## [Collected data]
§
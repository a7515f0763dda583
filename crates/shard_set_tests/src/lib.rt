//! Tests of sets of shards: what they answer, beside a plain list, and what is left of each shard.
#![tactic(auto)]

#[cfg(test)]
mod answers;
#[cfg(test)]
mod beside_a_list;
#[cfg(test)]
mod setting;
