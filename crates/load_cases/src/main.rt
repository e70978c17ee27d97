// Loads the listings that its input gives, with buffers of the lengths that each case asks.
// A case's numbers: the words of the buffer and the bytes of the listing. Written are the answer, whether all words are zero that must be, whether the
// records written again are the listing, whose lines are of 41 bytes or of 49, or where they are of 36 those lines with a way up behind each, and the records,
// a line each.
#![tactic(auto)]

use cases::{Cases, UNWRITTEN, front, is_zero, zeros};
use lines::{LINE_BYTES, LONG_BYTES, SIX_BYTES};
use std::alloc::Global;
use std::io;
use std::io::{BufWriter, Read, Write};
use text::RECORD_WORDS;
use text::refusal::Refused;

// The words of the longest buffer that a case may ask.
const MOST_WORDS: usize = 16384;

// The longest text that a case may give.
const MOST_TEXT: usize = 1_000_009;

// Of a longer stream these bytes count.
const MOST_INPUT: u64 = 2_097_152;

// Whether lines of 36 bytes are those of 41 without the way up and the space before it.
fn is_wider(listing: &[u8], lines: &[u8]) -> bool {
    let (short, left) = listing.as_chunks::<SIX_BYTES>();
    let (long, over) = lines.as_chunks::<LINE_BYTES>();
    let end = SIX_BYTES - 1;
    left.is_empty()
        && over.is_empty()
        && short.len() == long.len()
        && short.iter().zip(long).all(|(short, long)| short[..end] == long[..end]
            && long[end] == b' ')
}

// What the records written again are of the listing.
fn likeness(listing: &[u8], lines: &[u8]) -> &'static str {
    if listing == lines {
        "same"
    } else if is_wider(listing, lines) {
        "wider"
    } else {
        "NOT THE SAME"
    }
}

// The lines of records, for which there is room in either form.
fn list(alloc: Global, records: &[[u32; RECORD_WORDS]]) -> io::Result<Vec<u8>> {
    let count = records.len();
    let mut lines = vec![in alloc; 0; count.saturating_mul(LONG_BYTES)]?;
    let used = lines::list(records.as_flattened(), count, &mut lines);
    lines.truncate(used);
    Ok(lines)
}

// What is found of a listing that is taken; a number that the buffer cannot hold is wrong at once.
fn write_records(
    out: &mut impl Write,
    alloc: Global,
    listing: &[u8],
    tree: &[u32],
    count: usize,
) -> io::Result<()> {
    let Some((records, behind)) = front::<RECORD_WORDS>(tree, count) else {
        return writeln!(out, " NOT ZERO NOT THE SAME");
    };
    let lines = list(alloc, records)?;
    let all = zeros(is_zero(behind));
    writeln!(out, " {all} {}", likeness(listing, &lines))?;
    for [kind, start, end, low, high, size, up] in records {
        writeln!(out, "{kind} {start} {end} {low} {high} {size} {up}")?;
    }
    Ok(())
}

// The answer, and what is found of it.
fn write_case(out: &mut impl Write, alloc: Global, listing: &[u8], words: usize) -> io::Result<()> {
    let mut tree = vec![in alloc; UNWRITTEN.into(); words]?;
    match load::load(listing, &mut tree) {
        Ok(count) => {
            write!(out, "records {count}")?;
            write_records(out, alloc, listing, &tree, count)
        }
        Err(not_loaded) => {
            // The two numbers alone, where a `Refused` is shown with a word between.
            let Refused { refusal, place } = not_loaded.into();
            writeln!(out, "refused {refusal} {place} {}", zeros(is_zero(&tree)))
        }
    }
}

// No case is run after one that is wrong: `Cases` ends there.
fn run(rt: &HostRuntime, stream: &[u8]) -> io::Result<()> {
    let alloc = rt.alloc();
    let mut out = BufWriter::new(alloc, io::writer(rt))?;
    for case in Cases::within(stream, [MOST_WORDS, MOST_TEXT]) {
        match case {
            Ok(case) => write_case(&mut out, alloc, case.text, case.numbers[0])?,
            Err(bad) => writeln!(out, "{bad}")?,
        }
    }
    out.flush()
}

// A read that fails ends the stream. What cannot be written is lost: nothing is said of it, and the status is 0.
fn main(rt: HostRuntime) {
    let mut stream = Vec::new(rt.alloc());
    let _ = rt.stdin().take(MOST_INPUT).read_to_end(&mut stream);
    let _ = run(&rt, &stream);
}
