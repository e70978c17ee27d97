// The listing program: a draft from standard input, and its lines to standard output. What fails is said on standard error, and after a read that
// failed no line is written. A call that a signal interrupts counts as one that failed, so the loops of `read` and `write` are its own: those of std
// would try again.
#![tactic(auto)]

ghost use Rattle.std.specs.Prelude.{◌≡◌, ◌+◌, ◌≤◌, length, IfOk};
ghost use Rattle.lexer.specs.Limits.{small_limits};
ghost use Rattle.reader.specs.Fits.{enough};
ghost use Rattle.listing.specs.Within.{Within};

use lexer::SMALL_BYTES;
use reader::entry::LISTING_BYTES;
use std::io::{ErrorKind, Read, Write};
use std::{fmt, io};

// One byte more than a draft may have is kept: more need not be, since the length alone refuses it.
fn draft_buffer() -> [u8; SMALL_BYTES + 1]
    ensures { small_limits.bytes + 1 ≡ length result }
{
    [0; SMALL_BYTES + 1]
}

// Room for the lines of every draft within the small limits, which the program keeps. It is an array: memory that is asked for might not be there.
fn line_buffer() -> [u8; LISTING_BYTES]
    ensures { enough ≡ length result }
{
    [0; LISTING_BYTES]
}

// The system's text for an error, without the number that std puts behind it.
fn without_number(text: &str) -> &str {
    text.split_once(" (os error ")
        .map_or(text, |(before, _)| before)
}

// The step that failed, with the error of its call.
#[derive(Debug, Drop)]
enum Failed {
    Read(io::Error),
    Write(io::Error),
}

impl fmt::Display for Failed {
    fn fmt<W: fmt::Write>(&self, f: &mut fmt::Formatter<W>) -> fmt::Result {
        f.write_str(match self {
            Failed::Read(_) => "read",
            Failed::Write(_) => "write",
        })
    }
}

impl Failed {
    fn error(&self) -> &io::Error {
        match self {
            Failed::Read(error) | Failed::Write(error) => error,
        }
    }
}

// Writes a line to standard error: what failed, a colon and the system's text for the error, if there is memory for it.
fn report(rt: &HostRuntime, failed: &Failed) {
    let text = format!(in rt.alloc(); "{}", failed.error());
    let said = match &text {
        Ok(text) => without_number(text.as_str()),
        Err(_) => "",
    };
    let _ = eprintln!(rt; "listing: {failed}: {said}");
}

// Reads until the buffer is full or the input ends; the answer is how many bytes came in.
fn fill(input: &mut impl Read, buf: &mut [u8]) -> io::Result<usize>
    ensures { Within result (length buf.old) }
{
    let mut done = 0;
    while done < buf.len() {
        match input.read(&mut buf[done..])? {
            0 => break,
            more => done += more,
        }
    }
    Ok(done)
}

// Reads what is left, so that whoever writes a long draft can finish. A proved loop has to end, and nothing says that an input does: this one has more
// turns than a run takes.
fn drain(input: &mut impl Read, buf: &mut [u8]) -> io::Result<()> {
    for _ in 0..u64::MAX {
        if input.read(buf)? == 0 {
            break;
        }
    }
    Ok(())
}

// Reads the whole input, as far as the buffer keeps it.
fn read_draft<'a>(rt: &HostRuntime, buf: &'a mut [u8]) -> io::Result<&'a [u8]>
    ensures { IfOk result (λ draft. length draft.now ≤ length buf.old) }
{
    let mut input = rt.stdin();
    let bytes = fill(&mut input, buf)?;
    if bytes == buf.len() {
        drain(&mut input, buf)?;
    }
    Ok(&buf[..bytes])
}

// Writes bytes, and stops at the first write that takes none or fails.
fn put(out: &mut impl Write, bytes: &[u8]) -> io::Result<()> {
    let mut rest = bytes;
    while !rest.is_empty() {
        match out.write(rest)? {
            0 => return Err(io::Error::from(ErrorKind::WriteZero)),
            done => rest = &rest[done..],
        }
    }
    Ok(())
}

// Writes the lines of a draft.
fn list(rt: &HostRuntime, draft: &[u8]) -> io::Result<()> {
    let mut lines = line_buffer();
    let used = reader::entry::list_draft(draft, &mut lines);
    put(&mut rt.stdout(), &lines[..used])
}

fn run(rt: &HostRuntime) -> Result<(), Failed> {
    let mut buf = draft_buffer();
    let draft = read_draft(rt, &mut buf).map_err(Failed::Read)?;
    list(rt, draft).map_err(Failed::Write)
}

fn main(rt: HostRuntime) {
    if let Err(failed) = run(&rt) {
        report(&rt, &failed);
    }
}
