// Demand 1: every call is refused in the order of refusals and then hands back what it was given; otherwise it leaves what is due.
ghost use Rattle.admission.specs.Conditions.{test_conditions, search_conditions};
ghost use Rattle.database.specs.Calls.{UnusedIfRefused};
ghost use Rattle.demands.specs.Demand1Calls.{OpenMeets, AddCodeMeets, AddMeets, AddJoinMeets, PutMeets, DropMeets, DeterminedMeets, CompareMeets, CheckMeets, ReduceMeets};
ghost use Rattle.demands.specs.Demand1Calls.{TestMeets, EvaluateMeets, CountMeets, ReadMeets, ReadRecordMeets, WriteMeets};

use comparison::Verdict;
use query::{Cell, CodePair, Dependency, JoinDependency, Query};
use record::{Outcome, Record};
use record_calls::Columns;
use reduction::Reduced;
use refusals::Refusal;
use words::Violation;

// ---- the record

// Opens a record from relation widths.
pub fn open(widths: &[u8]) -> Outcome
    ensures { OpenMeets widths.now result }
{
    record_calls::open(widths)
}

// Adds a pair of codes.
pub fn add_code(given: Record, p: CodePair) -> Outcome
    ensures { AddCodeMeets given p result }
{
    given.add_code(p)
}

// Adds a functional dependency.
pub fn add(given: Record, d: Dependency) -> Outcome
    ensures { AddMeets given d result }
{
    given.add_dependency(d)
}

// Adds a join dependency.
pub fn add_join(given: Record, j: JoinDependency) -> Outcome
    ensures { AddJoinMeets given j result }
{
    given.add_join(j)
}

// Puts a query into a vacant place.
pub fn put(given: Record, place: usize, q: Query) -> Outcome
    ensures { PutMeets given place q result }
{
    given.put(place, q)
}

// Drops the query of a filled place.
pub fn drop_query(given: Record, place: usize) -> Outcome
    ensures { DropMeets given place result }
{
    record_calls::drop_query(given, place)
}

// The columns that a left set determines.
pub fn determined(given: Record, relation: u8, left: u8) -> Result<Columns, Refusal>
    ensures { DeterminedMeets given relation left result }
{
    record_calls::determined(given, relation, left)
}

// ---- queries

// Compares the queries of two places.
pub fn compare(given: Record, p: usize, q: usize) -> Result<Verdict, Refusal>
    ensures { CompareMeets given p q result }
{
    comparison::compare(given, p, q)
}

// Checks a mapping from the query of place q to that of place p.
pub fn check(given: Record, p: usize, q: usize, images: [Cell; 96]) -> Result<bool, Refusal>
    ensures { CheckMeets given p q images result }
{
    comparison::check_mapping(given, p, q, images)
}

// Reduces the query of one place into another.
pub fn reduce(given: Record, source: usize, target: usize) -> Reduced
    ensures { ReduceMeets given source target result }
{
    reduction::reduce(given, source, target)
}

// ---- databases

// Tests a database against the dependencies.
pub fn test(given: Record, words: &[u32]) -> Result<Option<Violation>, Refusal>
    ensures { TestMeets given words.now result }
{
    database::test(given, words)
}

// The same in lent tables, which a refused test leaves as they were.
// Kept as it is: the C interface lends each buffer apart.
pub fn test_lent(
    given: Record,
    words: &[u32],
    heads: &mut [u32],
    nodes: &mut [u32],
) -> Result<Option<Violation>, Refusal>
    ensures test_meets { TestMeets given words.now result }
    ensures unused_if_refused { UnusedIfRefused (test_conditions given words.now) heads.old heads.new }
    ensures unused_if_refused_2 { UnusedIfRefused (test_conditions given words.now) nodes.old nodes.new }
{
    database::test_lent(given, words, heads, nodes)
}

// Evaluates the query of a place on a database.
pub fn evaluate(
    given: Record,
    place: usize,
    words: &[u32],
    buffer: &mut [u32],
) -> Result<usize, Refusal>
    ensures { EvaluateMeets given place words.now buffer.old buffer.new result }
{
    database::evaluate(given, place, words, buffer)
}

// The same in lent memory, which is as it was after every refusal but 10.
// Kept as it is: the C interface lends each buffer apart.
pub fn evaluate_lent(
    given: Record,
    place: usize,
    words: &[u32],
    buffer: &mut [u32],
    index: &mut [u32],
    states: &mut [u32],
    batch: &mut [u32],
    scratch: &mut [u32],
) -> Result<usize, Refusal>
    ensures evaluate_meets { EvaluateMeets given place words.now buffer.old buffer.new result }
    ensures unused_if_refused { UnusedIfRefused (search_conditions given place words.now) index.old index.new }
    ensures unused_if_refused_2 { UnusedIfRefused (search_conditions given place words.now) states.old states.new }
    ensures unused_if_refused_3 { UnusedIfRefused (search_conditions given place words.now) batch.old batch.new }
    ensures unused_if_refused_4 { UnusedIfRefused (search_conditions given place words.now) scratch.old scratch.new }
{
    database::evaluate_lent(given, place, words, buffer, index, states, batch, scratch)
}

// Counts the answers of the query of a place on a database.
pub fn count(given: Record, place: usize, words: &[u32]) -> Result<usize, Refusal>
    ensures { CountMeets given place words.now result }
{
    database::count(given, place, words)
}

// The same in lent memory, which is as it was after every refusal but 10.
// Kept as it is: the C interface lends each buffer apart.
pub fn count_lent(
    given: Record,
    place: usize,
    words: &[u32],
    index: &mut [u32],
    states: &mut [u32],
    batch: &mut [u32],
    scratch: &mut [u32],
) -> Result<usize, Refusal>
    ensures count_meets { CountMeets given place words.now result }
    ensures unused_if_refused { UnusedIfRefused (search_conditions given place words.now) index.old index.new }
    ensures unused_if_refused_2 { UnusedIfRefused (search_conditions given place words.now) states.old states.new }
    ensures unused_if_refused_3 { UnusedIfRefused (search_conditions given place words.now) batch.old batch.new }
    ensures unused_if_refused_4 { UnusedIfRefused (search_conditions given place words.now) scratch.old scratch.new }
{
    database::count_lent(given, place, words, index, states, batch, scratch)
}

// ---- files

// Reads a file.
pub fn read(file: &[u8]) -> Outcome
    ensures { ReadMeets file.now result }
{
    file::read(file)
}

// Reads a file: its record alone, or the refusal.
pub fn read_record(file: &[u8]) -> Result<Record, Refusal>
    ensures { ReadRecordMeets file.now result }
{
    file::read_record(file)
}

// Writes a record into a lent buffer.
pub fn write(given: Record, buffer: &mut [u8]) -> Result<usize, Refusal>
    ensures { WriteMeets given buffer.old buffer.new result }
{
    file::write(given, buffer)
}
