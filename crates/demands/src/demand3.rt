// Demand 3: a reduction gives the shortest query with the answers of the source query.
ghost use Rattle.demands.specs.Demand3.{Shortens};

use record::Record;
use reduction::Reduced;

// The shortest query with the answers of the source query.
pub fn reduce(given: Record, source: usize, target: usize) -> Reduced
    ensures { Shortens given source target result }
{
    reduction::reduce(given, source, target)
}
§
## [Prompt]
Take exactly the lines from the one containing "use record_calls::Columns;" through the one containing "pub fn determined(given: Record, relation: u8, left: u8)" in the data above, and output them with nothing added.

## [Solution to this problem]
use record_calls::Columns;
use reduction::Reduced;
use refusals::Refusal;
use words::Violation;

// ---- the record

// Opens a record from relation widths.
pub fn open(widths: &[u8]) -> Outcome
    ensures { OpenMeets widths.now result }
{
    record_calls::open(widths)
}

// Adds a pair of codes.
pub fn add_code(given: Record, p: CodePair) -> Outcome
    ensures { AddCodeMeets given p result }
{
    given.add_code(p)
}

// Adds a functional dependency.
pub fn add(given: Record, d: Dependency) -> Outcome
    ensures { AddMeets given d result }
{
    given.add_dependency(d)
}

// Adds a join dependency.
pub fn add_join(given: Record, j: JoinDependency) -> Outcome
    ensures { AddJoinMeets given j result }
{
    given.add_join(j)
}

// Puts a query into a vacant place.
pub fn put(given: Record, place: usize, q: Query) -> Outcome
    ensures { PutMeets given place q result }
{
    given.put(place, q)
}

// Drops the query of a filled place.
pub fn drop_query(given: Record, place: usize) -> Outcome
    ensures { DropMeets given place result }
{
    record_calls::drop_query(given, place)
}

// The columns that a left set determines.
pub fn determined(given: Record, relation: u8, left: u8) -> Result<Columns, Refusal>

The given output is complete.